■ About this task
Every line holding "file" should be copied from the records below.

○ ○ ○ ○

/// Runs in an empty tree of at most 16 numbers. `/a` and `/b` lead to one file, and a move between them
/// leaves both. Where several conditions hold, the walks come first and then the least number: the root,
/// which holds `/a`, isn't empty; it can't come onto a file; a file is no directory to walk through; and
/// what isn't there gets no other path, though that one is there already. A directory moves with its file.
/// A file moves onto another one, whose number serves again. A name of 60 bytes is too long in layout 1, and
/// layout 2 takes it.
pub fn short_runs_are_answered_so()
    ensures one_node { (end : Session)
        × Run (λ why. false) (start (in_layout_one 16)) (Create (codes "a" ∷ []) ∷ Link (codes "a" ∷ []) (codes "b" ∷ []) ∷ Rename (codes "a" ∷ [])
        (codes "b" ∷ []) ∷ []) (Done ∷ Done ∷ Done ∷ []) end
        × (get end.tree.names (codes "a" ∷ []) ≡ Some 2) × (get end.tree.names (codes "b" ∷ []) ≡ Some 2) × (path_count end.tree.names 2 ≡ 2) }
    ensures reasons { (end : Session)
        × Run (λ why. false) (start (in_layout_one 16))
        (Create (codes "a" ∷ []) ∷ Rmdir [] ∷ Rename [] (codes "a" ∷ []) ∷ Write (codes "a" ∷ codes "b" ∷ []) 0 (120 ∷ []) ∷ Link (codes "b" ∷ [])
        (codes "a" ∷ []) ∷ [])
        (Done ∷ Refused NotEmpty ∷ Refused NotDir ∷ Refused NotDir ∷ Refused NotFound ∷ []) end }
    ensures directory { (end : Session)
        × Run (λ why. false) (start (in_layout_one 16)) (Mkdir (codes "a" ∷ []) ∷ Create (codes "a" ∷ codes "c" ∷ []) ∷ Rename (codes "a" ∷ []) (codes "b" ∷ []) ∷ [])
        (Done ∷ Done ∷ Done ∷ []) end
        × (get end.tree.names (codes "b" ∷ []) ≡ Some 2) × (get end.tree.names (codes "b" ∷ codes "c" ∷ []) ≡ Some 3)
        × (get end.tree.names (codes "a" ∷ []) ≡ None) × (get end.tree.names (codes "a" ∷ codes "c" ∷ []) ≡ None) }
    ensures onto { (end : Session)
        × Run (λ why. false) (start (in_layout_one 16)) (Create (codes "a" ∷ []) ∷ Create (codes "b" ∷ []) ∷ Rename (codes "a" ∷ []) (codes "b" ∷ []) ∷ Mkdir
        (codes "c" ∷ []) ∷ [])
        (Done ∷ Done ∷ Done ∷ Done ∷ []) end
        × (get end.tree.names (codes "a" ∷ []) ≡ None) × (get end.tree.names (codes "b" ∷ []) ≡ Some 2) × (get end.tree.names (codes "c" ∷ []) ≡ Some 3) }
    ensures long { Run (λ why. false) (start (in_layout_one 16)) (Create (replicate 60 97 ∷ []) ∷ []) (Refused NameTooLong ∷ []) (start (in_layout_one 16)) }
    ensures taken { (end : Session)
        × Run (λ why. false) (start (record { nodes = 16; layout = Two })) (Create (replicate 60 97 ∷ []) ∷ []) (Done ∷ []) end
        × (get end.tree.names (replicate 60 97 ∷ []) ≡ Some 2) }
{}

○ ○ ○ ○

■ Task result
/// Runs in an empty tree of at most 16 numbers. `/a` and `/b` lead to one file, and a move between them
/// which holds `/a`, isn't empty; it can't come onto a file; a file is no directory to walk through; and
/// what isn't there gets no other path, though that one is there already. A directory moves with its file.
/// A file moves onto another one, whose number serves again. A name of 60 bytes is too long in layout 1, and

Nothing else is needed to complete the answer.